● TASK ITEM: Look below for the line containing "return Some(*number);" and the line containing "let mut groups: Vec<Vec<usize>>"; repeat exactly those two lines and all lines between them, and nothing else.

● INPUT RECORDS:
//! The loops of a plan in one another. Each is opened at a mark on it: without that mark's edges no
//! way around it is left but those of the loops inside.

use crate::marks::{Marks, bit_of};
use crate::opening::Opener;
use crate::places::{Kind, Places};
use crate::plan::Plan;
use crate::strong::parts_of;
use std::alloc::{AllocError, Global};

/// How many loops are opened at most.
const MOST: usize = 4_000;

/// A loop.
#[derive(Drop)]
pub struct Loop {
    /// The mark at which it is opened.
    pub mark: u8,
    /// The kinds in it that are in no loop further in.
    pub own: Vec<usize>,
    /// The loops right inside of it.
    pub inner: Vec<usize>,
    /// The kinds of the loop around it that lead into it.
    pub enter: Vec<usize>,
}

/// The loops, the outer ones first.
#[derive(Drop)]
pub struct Loops {
    alloc: Global,
    pub list: Vec<Loop>,
    /// By kind, the loops that it is in, the outermost first.
    pub chains: Vec<Vec<usize>>,
    /// By place, the same.
    pub inside: Vec<Vec<usize>>,
}

impl Loops {
    /// Those of the edges between all places.
    pub fn of<'a>(
        alloc: Global,
        places: &'a Places,
        marks: &'a Marks,
        plan: &'a Plan,
    ) -> Result<Loops, AllocError> {
        let mut opening = Opening {
            alloc,
            places,
            opener: Opener { marks, plan },
            loops: Loops::none(alloc, places)?,
            left: Vec::new(alloc),
        };
        opening.left.push(open_kinds(alloc, places, marks)?)?;
        for _ in 0..MOST {
            let Some(kinds) = opening.left.pop() else {
                break;
            };
            opening.open(&kinds)?;
        }
        let Opening { mut loops, .. } = opening;
        loops.tell_own()?;
        loops.tell_inner()?;
        loops.tell_entries(places)?;
        Ok(loops)
    }

    /// No loop.
    fn none(alloc: Global, places: &Places) -> Result<Loops, AllocError> {
        let mut chains = Vec::new(alloc);
        for _ in &places.kinds {
            chains.push(Vec::new(alloc))?;
        }
        let mut inside = Vec::new(alloc);
        for _ in 0..places.count {
            inside.push(Vec::new(alloc))?;
        }
        Ok(Loops {
            alloc,
            list: Vec::new(alloc),
            chains,
            inside,
        })
    }

    /// Tells each loop which kinds are in none further in.
    fn tell_own(&mut self) -> Result<(), AllocError> {
        for (kind, chain) in self.chains.iter().enumerate() {
            if let Some(innermost) = chain.last()
                && let Some(own) = self.list.get_mut(*innermost)
            {
                own.own.push(kind)?;
            }
        }
        Ok(())
    }

    /// Tells each loop which loops are right inside of it.
    fn tell_inner(&mut self) -> Result<(), AllocError> {
        let mut is_told = vec![in self.alloc; false; self.list.len()]?;
        for chain in &self.chains {
            for (outer, inner) in chain.iter().zip(chain.iter().skip(1)) {
                if let Some(own) = is_told.get_mut(*inner)
                    && !*own
                    && let Some(one) = self.list.get_mut(*outer)
                {
                    *own = true;
                    one.inner.push(*inner)?;
                }
            }
        }
        Ok(())
    }

    /// Tells each loop which kinds lead into it from the one around it.
    fn tell_entries(&mut self, places: &Places) -> Result<(), AllocError> {
        for (number, kind) in places.kinds.iter().enumerate() {
            if let Some(entered) = self.entered_by(number, kind.onto)
                && let Some(one) = self.list.get_mut(entered)
            {
                one.enter.push(number)?;
            }
        }
        Ok(())
    }

    /// The loop right inside of a kind's innermost one that the kind leads into.
    fn entered_by(&self, kind: usize, onto: usize) -> Option<usize> {
        let depth = self.chain(kind).len();
        self.around(onto).get(depth).copied()
    }

    /// The loops that a kind is in, the outermost first.
    pub fn chain(&self, kind: usize) -> &[usize] {
        match self.chains.get(kind) {
            Some(chain) => chain.as_slice(),
            None => &[],
        }
    }

    /// The loops that a place is in, the outermost first.
    pub fn around(&self, place: usize) -> &[usize] {
        match self.inside.get(place) {
            Some(loops) => loops.as_slice(),
            None => &[],
        }
    }

    /// The innermost loop that a kind is in.
    pub fn home(&self, kind: usize) -> Option<usize> {
        self.chain(kind).last().copied()
    }

    /// The outermost of a kind's loops that are opened at this mark.
    pub fn opened_at(&self, kind: usize, mark: u8) -> Option<usize> {
        for number in self.chain(kind) {
            if self.list.get(*number).is_some_and(|one| one.mark == mark) {
                return Some(*number);
            }
        }
        None
    }
}

/// Loops while they are opened.
#[derive(Drop)]
struct Opening<'a> {
    alloc: Global,
    places: &'a Places,
    opener: Opener<'a>,
    loops: Loops,
    /// Kinds whose loops are to be opened, those of each loop together.
    left: Vec<Vec<usize>>,
}

impl Opening<'_> {
    /// Opens the loops among some kinds.
    fn open(&mut self, kinds: &[usize]) -> Result<(), AllocError> {
        let mut edges: Vec<Kind> = Vec::new(self.alloc);
        for number in kinds {
            if let Some(kind) = self.places.kind(*number) {
                edges.push(kind)?;
            }
        }
        let parts = parts_of(self.alloc, self.places.count, &edges)?;
        let groups = self.groups(kinds, &parts)?;
        for group in groups {
            if let Some(mark) = self.opener.mark_of(self.alloc, self.places, &group)? {
                self.add(mark, group)?;
            }
        }
        Ok(())
    }

    /// The kinds that stay within one part, those of each part together.
    fn groups(
        &self,
        kinds: &[usize],
        parts: &[Option<usize>],
    ) -> Result<Vec<Vec<usize>>, AllocError> {
        let mut groups: Vec<Vec<usize>> = Vec::new(self.alloc);
        let mut of_parts: Vec<Option<usize>> = vec![in self.alloc; None; parts.len()]?;
        for number in kinds {
            if let Some(part) = self.part_of(*number, parts)
                && let Some(group) = of_parts.get_mut(part)
            {
                let index = group.unwrap_or(groups.len());
                *group = Some(index);
                if index >= groups.len() {
                    groups.push(Vec::new(self.alloc))?;
                }
                if let Some(own) = groups.get_mut(index) {
                    own.push(*number)?;
                }
            }
        }
        Ok(groups)
    }

    /// The part that a kind stays within.
    fn part_of(&self, kind: usize, parts: &[Option<usize>]) -> Option<usize> {
        let kind = self.places.kind(kind)?;
        let from = (*parts.get(kind.from)?)?;
        let onto = (*parts.get(kind.onto)?)?;
        if from == onto { Some(from) } else { None }
    }

    /// Adds a loop that is opened at a mark; what is left of it is opened later.
    fn add(&mut self, mark: u8, group: Vec<usize>) -> Result<(), AllocError> {
        let number = self.loops.list.len();
        let mut left = Vec::new(self.alloc);
        for kind in &group {
            if let Some(chain) = self.loops.chains.get_mut(*kind) {
                chain.push(number)?;
            }
            if let Some(one) = self.places.kind(*kind) {
                self.stand(one.from, number)?;
                if one.mark != Some(mark) {
                    left.push(*kind)?;
                }
            }
        }
        self.left.push(left)?;
        self.loops.list.push(Loop {
            mark,
            own: Vec::new(self.alloc),
            inner: Vec::new(self.alloc),
            enter: Vec::new(self.alloc),
        })?;
        Ok(())
    }

    /// A place stands in a loop, which is the last so far.
    fn stand(&mut self, place: usize, number: usize) -> Result<(), AllocError> {
        if let Some(loops) = self.loops.inside.get_mut(place)
            && loops.last().copied() != Some(number)
        {
            loops.push(number)?;
        }
        Ok(())
    }
}

/// The kinds that may be taken.
fn open_kinds(alloc: Global, places: &Places, marks: &Marks) -> Result<Vec<usize>, AllocError> {
    let mut open = Vec::new(alloc);
    for (number, kind) in places.kinds.iter().enumerate() {
        let most = match kind.mark {
            Some(mark) => marks.at(mark).map_or(0, |standing| standing.most),
            None => 1,
        };
        if most > 0 {
            open.push(number)?;
        }
    }
    Ok(open)
}

/// The marks of some kinds, a bit of each.
pub fn bits_of(places: &Places, kinds: &[usize]) -> u64 {
    let mut bits = 0;
    for number in kinds {
        if let Some(kind) = places.kind(*number) {
            bits |= kind.mark.map_or(0, bit_of);
        }
    }
    bits
}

● THE ANSWER:
                return Some(*number);
            }
        }
        None
    }
}

/// Loops while they are opened.
#[derive(Drop)]
struct Opening<'a> {
    alloc: Global,
    places: &'a Places,
    opener: Opener<'a>,
    loops: Loops,
    /// Kinds whose loops are to be opened, those of each loop together.
    left: Vec<Vec<usize>>,
}

impl Opening<'_> {
    /// Opens the loops among some kinds.
    fn open(&mut self, kinds: &[usize]) -> Result<(), AllocError> {
        let mut edges: Vec<Kind> = Vec::new(self.alloc);
        for number in kinds {
            if let Some(kind) = self.places.kind(*number) {
                edges.push(kind)?;
            }
        }
        let parts = parts_of(self.alloc, self.places.count, &edges)?;
        let groups = self.groups(kinds, &parts)?;
        for group in groups {
            if let Some(mark) = self.opener.mark_of(self.alloc, self.places, &group)? {
                self.add(mark, group)?;
            }
        }
        Ok(())
    }

    /// The kinds that stay within one part, those of each part together.
    fn groups(
        &self,
        kinds: &[usize],
        parts: &[Option<usize>],
    ) -> Result<Vec<Vec<usize>>, AllocError> {
        let mut groups: Vec<Vec<usize>> = Vec::new(self.alloc);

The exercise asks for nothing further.